It might surprise many to learn that one of America’s most beloved landscape artists trained his eye for the sea, surf, and sky on the front lines of the nation’s deadliest struggle.
Winslow Homer, whose famous windswept scenes viscerally evoke the rocky Maine coastline where he spent his later life, began his career in New York City newsrooms as a freelance illustrator for popular journals and periodicals. In 1861 the young, largely self-taught art correspondent made the first of three trips to the front to sketch the Civil War for the pages of Harper’s Weekly.
It was a fruitful time in the world of journalism for those with a talent for drawing what they saw. Photography’s time-consuming process and cumbersome equipment made it inefficient in the field. And publishers, eager to capture the conflict for their readers not only with words but with true-to-life images, turned to artists such as Homer for help.

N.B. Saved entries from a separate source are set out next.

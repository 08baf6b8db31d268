//! Where documents and files of paths come from.

ghost use Rattle.std.specs.Prelude.{◌≡◌, ◌∷◌, [], ℕ, List, None, Option, Some, IfOk, IfSome};
ghost use Rattle.jpq_program.specs.Inputs.{Opens};

use std::io;
use std::io::Read;

/// The inputs that a program may open.
pub trait Inputs {
    /// A reader of an input.
    type Input: Read + Drop;

    /// What is known of the bytes of an input, by its name.
    ghost bytes_of: { Self → List ℕ → Option (List ℕ) } = { λ _ _. None };

    /// Which inputs were opened, by their names, in order, where that is known.
    ghost opened: { Self → Option (List (List ℕ)) } = { λ _. None };

    /// Opens the file of a name, or standard input for `-`.
    fn open(&mut self, name: &str) -> io::Result<Self::Input>
        ensures known { IfOk result (λ input. IfSome (bytes_of self.old name.now)
            (λ bytes. Self.Input.remaining input ≡ Some bytes)) }
        ensures same { (name : List ℕ) → bytes_of self.new name ≡ bytes_of self.old name }
        ensures opened { Opens (opened self.old) (opened self.new) (name.now ∷ []) };
}
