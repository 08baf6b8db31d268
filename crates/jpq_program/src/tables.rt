//! Rows of tables: of each document one, with the first node of each path.

ghost use Rattle.std.specs.Prelude.{◌≡◌, ◌++◌, ◌∷◌, [], List, Some, IfOk, OnOk, codes, if◌then◌else◌, map, string_bytes, true};
ghost use Rattle.serde_json_path_core.specs.Inside.Words.{view, Located, OnlyMemoryOrPattern, Selects};
ghost use Rattle.serde_json_path_functions.specs.Patterns.{builtin_functions};
ghost use Rattle.serde_json_path.specs.Paths.{path_tree, with_rule_of};
ghost use Rattle.serde_json.specs.Data.{Data};
ghost use Rattle.jpq_program.specs.Inside.{AnswersRow, AreShownAs, Finds, IsAsked, Begins, IsAside, IsFirstOf, Sends, ShowsAs, cell_look, header_by, separated, separator_in, texts_asked};
ghost use Rattle.jpq_program.specs.Rows.{IsCellInPart, IsCellOn, first_cells, header_cells};

use crate::answering::{Answering, Document};
use crate::asked_path::AskedPath;
use crate::rows::{FirstNode, Separator, push_row};
use crate::source::{Source, shown_name};
use crate::streams::{Stop, Streams};
use jpq_options::options::Shown;
use jsonpath_document::read_document;
use serde_json::Value;
use serde_json_path::QueryError;
use std::alloc::AllocError;
use std::io::Write;

/// What stands between the cells of a row, where rows are shown.
pub(crate) fn separator_of(shown: Shown) -> Option<Separator>
    ensures { result ≡ separator_in shown }
{
    match shown {
        Shown::Tsv => Some(Separator::Tab),
        Shown::Csv => Some(Separator::Comma),
        Shown::Nodes(_) => None,
    }
}

impl Answering<'_> {
    /// The first node of a path in a document, as a cell, and whether there are more.
    fn first_node(&self, path: &AskedPath, document: &Value) -> Result<FirstNode, QueryError>
        ensures found { IfOk result (λ first. (nodes : List Located)
            × Selects (with_rule_of path.now.path builtin_functions) (path_tree path.now.path)
            (view document.now) nodes × IsFirstOf nodes first.cell) }
        ensures refused { OnlyMemoryOrPattern (with_rule_of path.now.path builtin_functions)
            (path_tree path.now.path) (view document.now) result }
    {
        let mut first = FirstNode {
            alloc: self.alloc,
            cell: None,
            may_be_inexact: false,
            has_more: false,
        };
        let walk = path.path.walk_under(self.alloc, document, &self.functions)?;
        walk.feed(&mut first)?;
        Ok(first)
    }

    /// The same of a document. Where a pattern is refused, the whole document is asked, so that what is told is true of that.
    fn first_of(&self, path: &AskedPath, document: Document<'_>) -> Result<FirstNode, QueryError>
        ensures { IfOk result (λ first. (d : Data) × (nodes : List Located)
            × IsAsked document.entry.bytes.now (view document.entry.value.now) d
            × Selects (with_rule_of path.now.path builtin_functions) (path_tree path.now.path)
            d nodes × IsFirstOf nodes first.cell) }
    {
        match self.first_node(path, document.value) {
            Err(QueryError::Pattern) => match read_document(self.alloc, document.bytes) {
                Ok(whole) => self.first_node(path, &whole),
                Err(_) => Err(QueryError::Memory),
            },
            answer => answer,
        }
    }

    /// Tells, once for a run, where a path selects several nodes of a document, of which a table has the first.
    fn tell_several<W: Write, E: Write>(
        &self,
        are_several: bool,
        source: Source<'_>,
        path: &AskedPath,
        streams: &mut Streams<W, E>,
    ) -> Result<(), Stop>
        ensures told { streams.new ≡ record streams.old {
          err = streams.new.err;
          told_several = streams.new.told_several;
        } }
        ensures quiet { self.now.silent ≡ true → streams.new.err ≡ streams.old.err }
    {
        if !are_several || streams.told_several || self.silent {
            return Ok(());
        }
        streams.told_several = true;
        let (name, text) = (shown_name(source.name), path.text.as_str());
        let message = format!(in self.alloc;
            "jpq: {name}: {text} selects several nodes, of which a row has the first\n"
        )?;
        streams.tell(message.as_str());
        Ok(())
    }

    /// A path's cell in a document's row; empty where it selects nothing, or is refused.
    fn cell<W: Write, E: Write>(
        &self,
        document: Document<'_>,
        path: &AskedPath,
        streams: &mut Streams<W, E>,
    ) -> Result<String, Stop>
        ensures found { IfOk result (λ cell. ShowsAs cell_look document.entry.bytes.now
            (view document.entry.value.now) path.now.path
            → Finds self.now.silent
            (IsCellOn builtin_functions document.entry.bytes.now path.now.path (string_bytes cell))
            (IsCellInPart builtin_functions document.entry.bytes.now path.now.path
            (string_bytes cell)) streams.old streams.new) }
        ensures unwritten { (streams.new.out ≡ streams.old.out)
            × (streams.new.pending ≡ streams.old.pending) }
    {
        let mut first = match self.first_of(path, document) {
            Ok(first) => first,
            Err(e) => {
                self.refuse_query(document.source, path, e, streams)?;
                return Ok(String::new(self.alloc));
            }
        };
        self.tell_several(first.has_more, document.source, path, streams)?;
        streams.may_be_inexact |= first.may_be_inexact;
        match first.cell.take() {
            Some(cell) => {
                self.keep_count(1, streams)?;
                Ok(cell)
            }
            None => Ok(String::new(self.alloc)),
        }
    }

    /// The cells before those of the paths.
    fn first_cells(&self, source: Source<'_>) -> Result<Vec<String>, Stop>
        ensures { IfOk result (λ cells. map string_bytes cells.items
            ≡ first_cells self.now.heads.file self.now.heads.line source.entry.name.now
            source.entry.line) }
    {
        let mut cells = Vec::new(self.alloc);
        if self.heads.file {
            cells.push(String::from_str(self.alloc, shown_name(source.name))?)?;
        }
        if self.heads.line {
            cells.push(format!(in self.alloc; "{}", source.line)?)?;
        }
        Ok(cells)
    }

    /// Writes a document's row.
    pub(crate) fn answer_row<W: Write, E: Write>(
        &self,
        separator: Separator,
        document: Document<'_>,
        streams: &mut Streams<W, E>,
    ) -> Result<(), Stop>
        ensures answered { IfOk result (λ _. separator_in self.now.shown ≡ Some separator
            → AreShownAs cell_look document.entry.bytes.now (view document.entry.value.now)
            self.now.paths.now
            → AnswersRow W.contents self.now document.entry.source.name.now
            document.entry.source.line document.entry.bytes.now streams.old streams.new) }
        ensures unwritten { streams.new.out ≡ streams.old.out }
    {
        let mut cells = self.first_cells(document.source)?;
        for path in self.paths {
            cells.push(self.cell(document, path, streams)?)?;
        }
        self.push_row(separator, cells.as_slice(), streams)
    }

    /// Appends a row to what is pending.
    fn push_row<W: Write, E: Write>(
        &self,
        separator: Separator,
        cells: &[String],
        streams: &mut Streams<W, E>,
    ) -> Result<(), Stop>
        ensures kept { streams.new ≡ record streams.old { pending = streams.new.pending } }
        ensures row { OnOk result (string_bytes streams.new.pending
            ≡ string_bytes streams.old.pending
            ++ separated separator self.now.showing.output.end (map string_bytes cells.now)) }
    {
        let end = self.showing.output.end;
        push_row(self.alloc, &mut streams.pending, separator, end, cells)?;
        Ok(())
    }

    /// The cells of a table's first row before those of the paths.
    fn first_names(&self) -> Result<Vec<String>, AllocError>
        ensures { IfOk result (λ cells. map string_bytes cells.items
            ≡ (if self.now.heads.file then codes "file" ∷ [] else [])
            ++ (if self.now.heads.line then codes "line" ∷ [] else [])) }
    {
        let mut cells = Vec::new(self.alloc);
        if self.heads.file {
            cells.push(String::from_str(self.alloc, "file")?)?;
        }
        if self.heads.line {
            cells.push(String::from_str(self.alloc, "line")?)?;
        }
        Ok(cells)
    }

    /// The cells of a table's first row: of the paths their texts.
    fn header_cells(&self) -> Result<Vec<String>, AllocError>
        ensures { IfOk result (λ cells. map string_bytes cells.items
            ≡ header_cells self.now.heads.file self.now.heads.line
            (texts_asked self.now.paths.now)) }
    {
        let mut cells = self.first_names()?;
        for path in self.paths {
            cells.push(String::from_str(self.alloc, path.text.as_str())?)?;
        }
        Ok(cells)
    }

    /// Writes the paths as the first row of a table, where that is wanted.
    pub(crate) fn write_header<W: Write, E: Write>(
        &self,
        is_wanted: bool,
        streams: &mut Streams<W, E>,
    ) -> Result<(), Stop>
        ensures sent { string_bytes streams.old.pending ≡ []
            → OnOk result (Sends self.now.silent W.contents
            (IsAside (header_by self.now is_wanted)) (IsAside (header_by self.now is_wanted))
            streams.old streams.new) }
        ensures begun { Begins W.contents (IsAside (header_by self.now is_wanted))
            streams.old streams.new }
    {
        if !is_wanted {
            return Ok(());
        }
        let Some(separator) = separator_of(self.shown) else {
            return Ok(());
        };
        let cells = self.header_cells()?;
        self.push_row(separator, cells.as_slice(), streams)?;
        streams.write()
    }
}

“Winslow Homer: Eyewitness,” on view at the Harvard Art Museums through Jan. 5, 2020, traces how the artist’s experience as an observer tasked with accurately documenting the conflict helped shape his career and informed much of his later output. Throughout his work in a range of media, the Boston-born Homer often returned to the visual devices and motifs he had honed on the battlefield, depicting his subjects’ every small detail in order to convey an exact place, event, or time of day.